-- Task item --
Only the lines holding the string "that" are needed; copy each of them from the data.

-- Study material --
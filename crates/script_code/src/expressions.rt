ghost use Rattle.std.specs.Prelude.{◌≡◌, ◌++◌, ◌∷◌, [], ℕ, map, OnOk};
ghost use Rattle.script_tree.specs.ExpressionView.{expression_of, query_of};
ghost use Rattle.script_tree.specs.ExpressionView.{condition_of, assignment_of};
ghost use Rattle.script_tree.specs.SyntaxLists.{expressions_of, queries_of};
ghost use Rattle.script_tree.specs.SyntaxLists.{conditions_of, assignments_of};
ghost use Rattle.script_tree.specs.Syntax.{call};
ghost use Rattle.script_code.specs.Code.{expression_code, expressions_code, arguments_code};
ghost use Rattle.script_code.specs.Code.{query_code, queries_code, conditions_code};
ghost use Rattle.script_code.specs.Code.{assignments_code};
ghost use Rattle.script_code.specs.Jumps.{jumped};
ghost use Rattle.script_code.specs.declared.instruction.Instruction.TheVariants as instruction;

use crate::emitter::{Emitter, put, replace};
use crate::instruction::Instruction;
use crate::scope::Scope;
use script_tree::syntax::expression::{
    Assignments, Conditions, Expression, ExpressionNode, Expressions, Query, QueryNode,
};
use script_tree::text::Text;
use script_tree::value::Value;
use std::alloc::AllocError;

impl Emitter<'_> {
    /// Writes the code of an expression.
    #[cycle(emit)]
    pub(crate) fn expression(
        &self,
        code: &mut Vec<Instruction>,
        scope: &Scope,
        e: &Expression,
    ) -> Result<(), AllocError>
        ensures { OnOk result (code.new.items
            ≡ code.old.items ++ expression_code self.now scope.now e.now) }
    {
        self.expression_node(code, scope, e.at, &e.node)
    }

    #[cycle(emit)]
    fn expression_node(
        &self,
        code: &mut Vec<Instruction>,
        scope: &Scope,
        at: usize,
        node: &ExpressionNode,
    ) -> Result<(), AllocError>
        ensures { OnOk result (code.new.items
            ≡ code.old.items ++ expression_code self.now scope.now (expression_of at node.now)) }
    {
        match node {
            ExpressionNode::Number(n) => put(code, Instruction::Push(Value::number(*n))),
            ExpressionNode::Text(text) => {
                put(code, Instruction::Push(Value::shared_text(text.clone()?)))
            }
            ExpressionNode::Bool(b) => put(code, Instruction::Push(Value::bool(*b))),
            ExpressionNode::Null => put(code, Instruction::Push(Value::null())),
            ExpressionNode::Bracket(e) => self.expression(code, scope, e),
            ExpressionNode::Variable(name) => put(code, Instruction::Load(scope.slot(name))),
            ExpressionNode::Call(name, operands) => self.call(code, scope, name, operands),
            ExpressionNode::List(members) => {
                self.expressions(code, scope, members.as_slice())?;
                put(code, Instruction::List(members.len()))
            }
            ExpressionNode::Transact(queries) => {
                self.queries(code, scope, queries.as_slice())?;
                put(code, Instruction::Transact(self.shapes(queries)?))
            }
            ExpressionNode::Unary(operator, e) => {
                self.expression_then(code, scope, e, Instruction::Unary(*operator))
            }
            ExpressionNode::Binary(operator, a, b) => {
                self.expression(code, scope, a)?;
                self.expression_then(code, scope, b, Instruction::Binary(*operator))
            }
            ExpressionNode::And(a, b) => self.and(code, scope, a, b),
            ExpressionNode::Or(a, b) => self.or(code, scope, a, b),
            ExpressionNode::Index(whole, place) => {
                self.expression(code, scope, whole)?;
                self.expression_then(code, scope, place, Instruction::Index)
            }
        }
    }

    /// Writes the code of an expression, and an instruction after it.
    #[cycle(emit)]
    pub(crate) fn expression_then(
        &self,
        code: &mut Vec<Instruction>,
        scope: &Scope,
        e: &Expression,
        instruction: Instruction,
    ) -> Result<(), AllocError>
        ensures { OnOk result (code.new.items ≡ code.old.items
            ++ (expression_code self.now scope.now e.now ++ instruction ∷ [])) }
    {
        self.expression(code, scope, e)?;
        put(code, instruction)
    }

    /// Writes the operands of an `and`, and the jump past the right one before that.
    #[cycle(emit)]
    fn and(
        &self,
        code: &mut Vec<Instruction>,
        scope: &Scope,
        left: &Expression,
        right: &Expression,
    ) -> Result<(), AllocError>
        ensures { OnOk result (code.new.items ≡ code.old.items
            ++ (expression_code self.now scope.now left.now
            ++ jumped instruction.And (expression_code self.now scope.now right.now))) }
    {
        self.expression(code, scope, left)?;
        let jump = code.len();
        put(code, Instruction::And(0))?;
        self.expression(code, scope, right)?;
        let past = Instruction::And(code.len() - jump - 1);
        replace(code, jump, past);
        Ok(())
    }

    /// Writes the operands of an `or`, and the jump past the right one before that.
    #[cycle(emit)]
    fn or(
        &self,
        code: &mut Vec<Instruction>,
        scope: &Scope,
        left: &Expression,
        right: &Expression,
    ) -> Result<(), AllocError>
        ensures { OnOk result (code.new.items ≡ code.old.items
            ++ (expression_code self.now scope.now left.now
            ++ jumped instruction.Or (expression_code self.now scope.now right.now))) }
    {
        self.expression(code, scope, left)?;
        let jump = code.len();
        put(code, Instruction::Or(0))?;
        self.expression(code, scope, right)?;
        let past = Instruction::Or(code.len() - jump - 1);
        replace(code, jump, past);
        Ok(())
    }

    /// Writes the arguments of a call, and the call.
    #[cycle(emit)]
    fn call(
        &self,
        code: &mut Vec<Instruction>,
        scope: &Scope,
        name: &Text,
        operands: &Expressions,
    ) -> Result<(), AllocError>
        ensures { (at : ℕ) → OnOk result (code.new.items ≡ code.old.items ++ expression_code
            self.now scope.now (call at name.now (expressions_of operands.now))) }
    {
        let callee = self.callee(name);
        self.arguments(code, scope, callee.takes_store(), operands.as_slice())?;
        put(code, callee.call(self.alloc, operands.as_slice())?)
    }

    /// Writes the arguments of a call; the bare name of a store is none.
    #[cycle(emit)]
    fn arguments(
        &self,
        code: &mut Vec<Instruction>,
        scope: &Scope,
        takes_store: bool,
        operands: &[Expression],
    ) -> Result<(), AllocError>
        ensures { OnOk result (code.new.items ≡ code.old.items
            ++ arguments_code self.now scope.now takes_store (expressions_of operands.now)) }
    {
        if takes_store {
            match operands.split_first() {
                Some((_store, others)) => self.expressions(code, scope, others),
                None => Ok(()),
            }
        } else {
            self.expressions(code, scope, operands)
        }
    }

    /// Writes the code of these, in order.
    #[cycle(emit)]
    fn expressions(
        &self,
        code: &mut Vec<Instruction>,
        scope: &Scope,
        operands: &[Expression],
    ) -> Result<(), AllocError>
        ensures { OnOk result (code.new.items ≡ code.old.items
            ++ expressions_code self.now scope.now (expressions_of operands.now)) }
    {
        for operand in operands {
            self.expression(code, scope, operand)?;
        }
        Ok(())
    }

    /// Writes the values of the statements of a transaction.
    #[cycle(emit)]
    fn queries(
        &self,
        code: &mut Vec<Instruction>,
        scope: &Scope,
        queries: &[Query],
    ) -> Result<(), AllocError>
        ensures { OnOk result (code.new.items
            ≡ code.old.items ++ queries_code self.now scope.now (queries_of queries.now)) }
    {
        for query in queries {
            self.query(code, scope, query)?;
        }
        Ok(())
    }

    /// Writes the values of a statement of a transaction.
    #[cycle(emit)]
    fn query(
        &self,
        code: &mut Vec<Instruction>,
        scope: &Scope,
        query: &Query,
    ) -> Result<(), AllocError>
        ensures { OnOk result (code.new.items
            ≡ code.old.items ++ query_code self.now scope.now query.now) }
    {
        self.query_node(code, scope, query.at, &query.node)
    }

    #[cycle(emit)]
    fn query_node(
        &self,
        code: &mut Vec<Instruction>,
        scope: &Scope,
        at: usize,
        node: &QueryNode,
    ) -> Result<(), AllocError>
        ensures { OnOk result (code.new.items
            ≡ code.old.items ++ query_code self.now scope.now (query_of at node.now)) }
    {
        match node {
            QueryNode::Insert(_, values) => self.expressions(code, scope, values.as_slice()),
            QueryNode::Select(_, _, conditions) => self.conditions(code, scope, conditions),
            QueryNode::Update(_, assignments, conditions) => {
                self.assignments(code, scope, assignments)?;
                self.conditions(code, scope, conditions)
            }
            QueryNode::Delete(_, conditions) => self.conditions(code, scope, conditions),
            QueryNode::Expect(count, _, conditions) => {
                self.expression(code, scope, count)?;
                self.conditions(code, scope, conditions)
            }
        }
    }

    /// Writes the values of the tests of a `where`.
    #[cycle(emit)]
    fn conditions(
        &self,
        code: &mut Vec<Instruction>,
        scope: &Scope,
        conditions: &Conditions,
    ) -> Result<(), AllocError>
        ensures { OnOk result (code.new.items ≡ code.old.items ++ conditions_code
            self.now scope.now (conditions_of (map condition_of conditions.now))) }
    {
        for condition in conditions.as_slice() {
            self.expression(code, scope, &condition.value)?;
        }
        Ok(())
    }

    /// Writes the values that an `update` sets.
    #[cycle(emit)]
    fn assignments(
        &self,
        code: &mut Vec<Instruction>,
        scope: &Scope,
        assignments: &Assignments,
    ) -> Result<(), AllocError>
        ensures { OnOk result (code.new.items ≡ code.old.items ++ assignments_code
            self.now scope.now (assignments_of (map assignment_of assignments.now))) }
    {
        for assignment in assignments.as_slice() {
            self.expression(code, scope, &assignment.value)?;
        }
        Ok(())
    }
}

-- Answer to this exercise --
    /// Writes the operands of an `and`, and the jump past the right one before that.
    /// Writes the operands of an `or`, and the jump past the right one before that.
    /// Writes the values that an `update` sets.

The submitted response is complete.